2. Comparing baselines: It’s not fair: ResNet-34 is built to recognize three things, but BrainNet is scored on four. Hyper-parameter tuning parity is not illustrated.
3. The situation where validation accuracy is lower than the training dataset and test accuracy is higher may mean there is leakage involved. Learning and ROC curves are not illustrated in the manuscript.
4. The authors say their network is state of the art and suitable for resource-shallow systems, but they do not back their statements up with technical details.
1. Dataset transparency
• Make a combined table including the sources, the number of patients in each class and the number of patients who appeared in both groups.
You should only accept augmented samples after merging into a split; make sure no patient occurs in more than one split.
2. Evaluation rigor
• Try both k-fold cross-validation and repeated random splits; show the average metric results with the standard deviation.
Statistics are useful for showing how your results are more beneficial than others.
3. Both architecture and ablation are essential parts of the process.

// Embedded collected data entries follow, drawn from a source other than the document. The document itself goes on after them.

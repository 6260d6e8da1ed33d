// The setup check: a planned line is answered with document 01's number, 0 where it passes, 1 to 8 where it is
// refused, the checks in exactly that order. Any numbers and any number of first readings are answered.
#![tactic(auto)]

ghost use Rattle.std.specs.Prelude.{◌≡◌, length};
ghost use Rattle.clock.specs.Tests.{some_to};
ghost use Rattle.refusal.specs.Refusal as given;
ghost use Rattle.setup.specs.Setup as rule;
ghost use Rattle.setup.specs.Laws.{InLimits};

use refusal::Refusal;

// What a setup names beside its first readings: document 01's n, f, r, T, D, A, P and the mask of faulty stations.
#[derive(Clone, Copy, Default)]
pub struct Plan {
    pub stations: u64,
    pub faults: u64,
    pub drift: u64,
    pub bound: u64,
    pub spread: u64,
    pub step: u64,
    pub period: u64,
    pub faulty: u64,
}

// 2: 2f + 1 > n, asked without a sum that could wrap.
#[tactic(auto, unfolding(crate::specs::Setup::bad_faults))]
fn bad_faults(plan: Plan) -> bool
    ensures { result ≡ rule.bad_faults plan }
{
    if plan.stations <= plan.faults {
        return true;
    }
    plan.stations - plan.faults <= plan.faults
}

// 3: r, T, D, A or P outside its limits.
#[tactic(auto, unfolding(crate::specs::Setup::bad_limits))]
fn bad_limits(plan: Plan) -> bool
    ensures { result ≡ rule.bad_limits plan }
{
    clock::outside(0, clock::MAX_DRIFT, plan.drift)
        | clock::outside(1, clock::MAX_BOUND, plan.bound)
        | clock::outside(1, clock::MAX_SPREAD, plan.spread)
        | clock::outside(1, clock::MAX_STEP, plan.step)
        | clock::outside(1, clock::MAX_PERIOD, plan.period)
}

// 4: a faulty mark at n or above, or more than f marks.
#[tactic(auto, unfolding(crate::specs::Setup::bad_marks))]
fn bad_marks(plan: Plan) -> bool
    ensures { result ≡ rule.bad_marks plan }
{
    !mask::below(plan.faulty, plan.stations) | (plan.faults < mask::count(plan.faulty))
}

// A plan that 3 does not refuse: no product of the rules that follow wraps.
#[derive(Clone, Copy)]
struct Limited {
    plan: Plan,
    ghost in_limits: { InLimits plan },
}

impl Limited {
    // gap: P > A and (P - A)·M > T·S.
    #[tactic(auto, unfolding(crate::specs::Setup::gap))]
    fn gap(self) -> bool
        ensures { result ≡ rule.gap self.plan }
    {
        let plan = self.plan;
        if plan.period <= plan.step {
            return false;
        }
        let s = clock::PARTS + plan.drift;
        plan.bound * s < (plan.period - plan.step) * clock::PARTS
    }

    // step: A·M·M >= (S·D + M·T)·S.
    #[tactic(auto, unfolding(crate::specs::Setup::steps))]
    fn steps(self) -> bool
        ensures { result ≡ rule.steps self.plan }
    {
        let plan = self.plan;
        let m = clock::PARTS;
        let s = m + plan.drift;
        (s * plan.spread + m * plan.bound) * s <= plan.step * m * m
    }

    // spread: D·S·M·M >= (P·S + T·M)·(S·S - M·M) + T·S·S·M.
    #[tactic(auto, unfolding(crate::specs::Setup::spreads))]
    fn spreads(self) -> bool
        ensures { result ≡ rule.spreads self.plan }
    {
        let plan = self.plan;
        let m = clock::PARTS;
        let s = m + plan.drift;
        (plan.period * s + plan.bound * m) * (s * s - m * m) + plan.bound * s * s * m
            <= plan.spread * s * m * m
    }

    // Whether station i's first reading x breaks its rule: zero for a faulty station, for a sound one from A to A + T.
    #[tactic(auto, unfolding(crate::specs::Setup::bad_first))]
    fn bad_first(self, i: u64, x: u64) -> bool
        ensures { result ≡ rule.bad_first self.plan i x }
    {
        let plan = self.plan;
        if mask::has(plan.faulty, i) {
            return x != 0;
        }
        clock::outside(plan.step, plan.step + plan.bound, x)
    }

    // Whether one of the first readings breaks its rule.
    fn some_bad_first(self, first: &[u64]) -> bool
        ensures { result ≡ some_to (rule.bad_first self.plan) first.now (length first.now) }
    {
        first
            .iter()
            .enumerate()
            .any(|(i, &x)| self.bad_first(i as u64, x))
    }
}

// The answer to a plan, first readings apart: 1 to 7, or 0.
#[tactic(auto, unfolding(crate::specs::Setup::plan_answer, crate::specs::Setup::bad_stations))]
pub fn plan_answer(plan: Plan) -> Result<(), Refusal>
    ensures { given.answer result ≡ rule.plan_answer plan }
{
    if clock::outside(1, clock::MAX_STATIONS, plan.stations) {
        return Err(Refusal::Stations);
    }
    if bad_faults(plan) {
        return Err(Refusal::Faults);
    }
    if bad_limits(plan) {
        return Err(Refusal::Limits);
    }
    if bad_marks(plan) {
        return Err(Refusal::Marks);
    }
    let limited = Limited { plan };
    if !limited.gap() {
        return Err(Refusal::Gap);
    }
    if !limited.steps() {
        return Err(Refusal::Step);
    }
    if !limited.spreads() {
        return Err(Refusal::Spread);
    }
    Ok(())
}

// The answer to a setup: 1 to 8, or 0.
#[tactic(auto, unfolding(crate::specs::Setup::setup_answer, crate::specs::Setup::first_answer))]
pub fn answer(plan: Plan, first: &[u64]) -> Result<(), Refusal>
    ensures { given.answer result ≡ rule.setup_answer plan first.now }
{
    plan_answer(plan)?;
    if first.len() as u64 != plan.stations {
        return Err(Refusal::First);
    }
    let limited = Limited { plan };
    if limited.some_bad_first(first) {
        return Err(Refusal::First);
    }
    Ok(())
}
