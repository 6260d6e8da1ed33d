// The rules of one station, by value: what it does when its clock lands on a mark, when it hears signatures, and when it
// holds f + 1 of them. A board on the floor calls `hear` and `advance`; both check its own record first.
#![tactic(auto)]

ghost use Rattle.std.specs.Prelude.{◌≡◌, ◌||◌};
ghost use Rattle.clock.specs.Pick.{pick};
ghost use Rattle.refusal.specs.Refusal as given;
ghost use Rattle.station.specs.Station as rule;
ghost use Rattle.station.specs.Record as board;
ghost use Rattle.station.specs.Limits as limit;
ghost use Rattle.station.specs.Limits.{Small, Steady};

use clock::{MAX_INCREMENT, MAX_PERIOD, MAX_READING, MAX_ROUND, MAX_STEP, Reading};
use refusal::Refusal;
use setup::Plan;

// A station: its round, what its clock shows, the last round it signed (0: none) and the signers it has gathered for the
// round it waits for.
#[derive(Clone, Copy, Default, PartialEq)]
pub struct Station {
    pub round: u64,
    pub reading: Reading,
    pub signed: u64,
    pub gathered: u64,
}

// What a station has done: how it stands then, whether it sent a ready, and the signers of the relay it sent (none: no relay, for
// which an `Option` of a mask would have two ways).
#[derive(Clone, Copy)]
pub struct Outcome {
    pub station: Station,
    pub ready: bool,
    pub relay: u64,
}

// The station as it is.
#[tactic(auto, unfolding(crate::specs::Station::still))]
fn still(s: Station) -> Outcome
    ensures { result ≡ rule.still s }
{
    Outcome {
        station: s,
        ready: false,
        relay: 0,
    }
}

// A station under a plan, with its round, the period and the step within their limits.
#[derive(Clone, Copy)]
struct Limited {
    plan: Plan,
    s: Station,
    ghost limits: { Small plan s },
}

impl Limited {
    // The mark of the round that the station waits for.
    fn mark_for(self) -> Reading
        ensures { result.0 ≡ rule.mark_for self.plan self.s }
    {
        Reading::mark(self.s.round + 1, self.plan.period)
    }

    // The station starts the round it waits for: its reading becomes the mark and A, and its gathering begins empty.
    fn start(self) -> Station
        ensures { result ≡ rule.start self.plan self.s }
    {
        Station {
            round: self.s.round + 1,
            reading: self.mark_for().on(self.plan.step),
            gathered: 0,
            ..self.s
        }
    }

    // As soon as it holds f + 1 signatures it starts, and relays every one that it then holds.
    fn settle(self, ready: bool) -> Outcome
        ensures { result ≡ rule.settle ready self.plan self.s }
    {
        let s = self.s;
        if self.plan.faults < mask::count(s.gathered) {
            return Outcome {
                station: self.start(),
                ready,
                relay: s.gathered,
            };
        }
        Outcome {
            station: s,
            ready,
            relay: 0,
        }
    }

    // It hears signatures of a round, and ignores those of any round but the one it waits for.
    fn gather(self, round: u64, signers: u64) -> Outcome
        ensures { result ≡ rule.hear self.plan round signers self.s }
    {
        if round != self.s.round + 1 {
            return still(self.s);
        }
        let mut next = self;
        next.s.gathered = mask::join(self.s.gathered, signers);
        next.settle(false)
    }

    // Station i signs the round it waits for, and counts its own signature.
    fn sign(self, i: u64) -> Outcome
        ensures { result ≡ rule.sign self.plan i self.s }
    {
        let mut next = self;
        next.s.signed = self.s.round + 1;
        next.s.gathered = mask::join(self.s.gathered, mask::only(i));
        next.settle(true)
    }

    // Whether the last signed round breaks its rule.
    fn bad_signed(self) -> bool
        ensures { result ≡ board.bad_signed self.plan self.s }
    {
        let s = self.s;
        let mark = self.mark_for().0;
        if mark <= s.reading.0 {
            return s.signed != s.round + 1;
        }
        s.round + 1 <= s.signed
    }
}

// Such a station whose reading is within its limit too, and an increment within its own.
#[derive(Clone, Copy)]
struct Moving {
    plan: Plan,
    by: u64,
    s: Station,
    ghost limits: { Steady plan by s },
}

impl Moving {
    // The mark of the round that the station waits for.
    fn mark(self) -> u64
        ensures { result ≡ rule.mark_for self.plan self.s }
    {
        let still = Limited {
            plan: self.plan,
            s: self.s,
        };
        still.mark_for().0
    }

    // Whether by so much its reading comes up from below to the mark.
    #[tactic(auto, unfolding(crate::specs::Station::lands))]
    fn lands(self) -> bool
        ensures { result ≡ rule.lands self.plan self.by self.s }
    {
        let mark = self.mark();
        (self.s.reading.0 < mark) & (self.s.reading.0 + self.by == mark)
    }

    // Whether by so much it would pass the mark.
    #[tactic(auto, unfolding(crate::specs::Station::passes))]
    fn passes(self) -> bool
        ensures { result ≡ rule.passes self.plan self.by self.s }
    {
        let mark = self.mark();
        (self.s.reading.0 < mark) & (mark < self.s.reading.0 + self.by)
    }

    // Whether by so much its reading would exceed the limit, or it would reach its next mark in the last round.
    #[tactic(auto, unfolding(crate::specs::Record::exceeds))]
    fn exceeds(self) -> bool
        ensures { result ≡ board.exceeds self.plan self.by self.s }
    {
        let mark = self.mark();
        let reading = self.s.reading.0 + self.by;
        (MAX_READING < reading) | ((self.s.round == MAX_ROUND) & (mark <= reading))
    }

    // Its clock goes on, and it signs where that brings it up to the mark.
    fn go_on(self, i: u64) -> Outcome
        ensures { result ≡ rule.advance self.plan i self.by self.s }
    {
        let next = Station {
            reading: self.s.reading.on(self.by),
            ..self.s
        };
        if self.lands() {
            let landed = Limited {
                plan: self.plan,
                s: next,
            };
            return landed.sign(i);
        }
        still(next)
    }
}

// Whether the round, the period and the step are within the limits.
#[tactic(auto, unfolding(crate::specs::Limits::small))]
fn small(plan: Plan, s: Station) -> bool
    ensures { result ≡ limit.small plan s }
{
    (s.round <= MAX_ROUND) & (plan.period <= MAX_PERIOD) & (plan.step <= MAX_STEP)
}

// Whether the reading and an increment are too.
#[tactic(auto, unfolding(crate::specs::Limits::steady))]
fn steady(plan: Plan, by: u64, s: Station) -> bool
    ensures { result ≡ limit.steady plan by s }
{
    small(plan, s) & (s.reading.0 <= MAX_READING) & (by <= MAX_INCREMENT)
}

// What hearing signatures of a round does to a station; nothing where a number is past its limit.
pub fn heard(plan: Plan, round: u64, signers: u64, s: Station) -> Outcome
    ensures { result ≡ pick (limit.small plan s) (rule.hear plan round signers s) (rule.still s) }
{
    if !small(plan, s) {
        return still(s);
    }
    let limited = Limited { plan, s };
    limited.gather(round, signers)
}

// What an increment does to station i; nothing where a number is past its limit.
pub fn advanced(plan: Plan, i: u64, by: u64, s: Station) -> Outcome
    ensures { result ≡ pick (limit.steady plan by s) (rule.advance plan i by s) (rule.still s) }
{
    if !steady(plan, by, s) {
        return still(s);
    }
    let moving = Moving { plan, by, s };
    moving.go_on(i)
}

// Why an increment is refused: 12, then 14. Past the limits, 12.
#[tactic(auto, unfolding(crate::specs::Record::move_answer))]
pub fn refuses(plan: Plan, by: u64, s: Station) -> Result<(), Refusal>
    ensures { given.answer result ≡ pick (limit.steady plan by s) (board.move_answer plan by s) 12 }
{
    if !steady(plan, by, s) {
        return Err(Refusal::Exceeds);
    }
    let moving = Moving { plan, by, s };
    if moving.exceeds() {
        return Err(Refusal::Exceeds);
    }
    if moving.passes() {
        return Err(Refusal::Passes);
    }
    Ok(())
}

// Whether round, reading or last signed round is past its limit.
#[tactic(auto, unfolding(crate::specs::Record::bad_numbers))]
fn bad_numbers(s: Station) -> bool
    ensures { result ≡ board.bad_numbers s }
{
    (MAX_ROUND < s.round) | (MAX_READING < s.reading.0) | (MAX_ROUND < s.signed)
}

// Whether more than f signers are gathered, or one at n or above.
#[tactic(auto, unfolding(crate::specs::Record::bad_gathered))]
fn bad_gathered(plan: Plan, s: Station) -> bool
    ensures { result ≡ board.bad_gathered plan s }
{
    !mask::below(s.gathered, plan.stations) | (plan.faults < mask::count(s.gathered))
}

// Whether a sound station's record breaks a rule; so it does where the plan is past its limits.
#[tactic(auto, unfolding(crate::specs::Record::past_limits, crate::specs::Record::bad_station, crate::specs::Record::bad_numbers))]
pub fn bad_station(plan: Plan, s: Station) -> bool
    ensures { result ≡ (board.past_limits plan || board.bad_station plan s) }
{
    if plan.period > MAX_PERIOD {
        return true;
    }
    if plan.step > MAX_STEP {
        return true;
    }
    if bad_numbers(s) {
        return true;
    }
    let limited = Limited { plan, s };
    limited.bad_signed() | bad_gathered(plan, s)
}

// 10: whether the plan or the board's own record breaks a rule.
#[tactic(auto, unfolding(crate::specs::Record::bad_board))]
fn bad_board(plan: Plan, s: Station) -> bool
    ensures { result ≡ board.bad_board plan s }
{
    if setup::plan_answer(plan).is_err() {
        return true;
    }
    bad_station(plan, s)
}

// A board hears signatures of a round: 10, then 11, else what the station does.
pub fn hear(plan: Plan, round: u64, signers: u64, s: Station) -> Result<Outcome, Refusal>
    ensures { board.as_board s result ≡ board.answered (board.hear_answer plan round signers s) s (rule.hear plan round signers s) }
{
    if bad_board(plan, s) {
        return Err(Refusal::Record);
    }
    if clock::outside(1, MAX_ROUND, round) | (signers == 0) | !mask::below(signers, plan.stations) {
        return Err(Refusal::Barred);
    }
    let limited = Limited { plan, s };
    Ok(limited.gather(round, signers))
}

// A board's clock goes on by an increment: 10, 11, 12, 14, else what the station does.
pub fn advance(plan: Plan, i: u64, by: u64, s: Station) -> Result<Outcome, Refusal>
    ensures { board.as_board s result ≡ board.answered (board.advance_answer plan i by s) s (rule.advance plan i by s) }
{
    if bad_board(plan, s) {
        return Err(Refusal::Record);
    }
    if (plan.stations <= i) | mask::has(plan.faulty, i) | (MAX_INCREMENT < by) {
        return Err(Refusal::Barred);
    }
    refuses(plan, by, s)?;
    let moving = Moving { plan, by, s };
    Ok(moving.go_on(i))
}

List all the details for each layer, indicate the number of parameters involved and present ablations on depth, dropouts and attention.
Tell me why you think the bespoke CNN is a better choice than some of today’s lightweight backbones.
4. Baseline fairness
All baseline methods should be trained on the same four-class task with the same datasets, augmentation and training schedules.
Make sure to note what hyper-parameters were used and how long it took to train each model.
5. Understanding how to read test results in light of clinical practice
• Offer arrangements of confusion matrices, ROC-AUC calculations and analyses of sensitivity and specificity.
• Talk about explainability (such as Grad-CAM), the risk of site biases and compatibility with the clinic.
6. Can results be easily repeated in the same setup?
• Upload your code, trained weights and reproduce scripts; state all random seeds.
• Make sure to include a statement about using ethical and confidential data.
All text and materials provided via this peer-review history page are made available under a Creative Commons Attribution License, which permits unrestricted use, distribution, and reproduction in any medium, provided the original author and source are credited.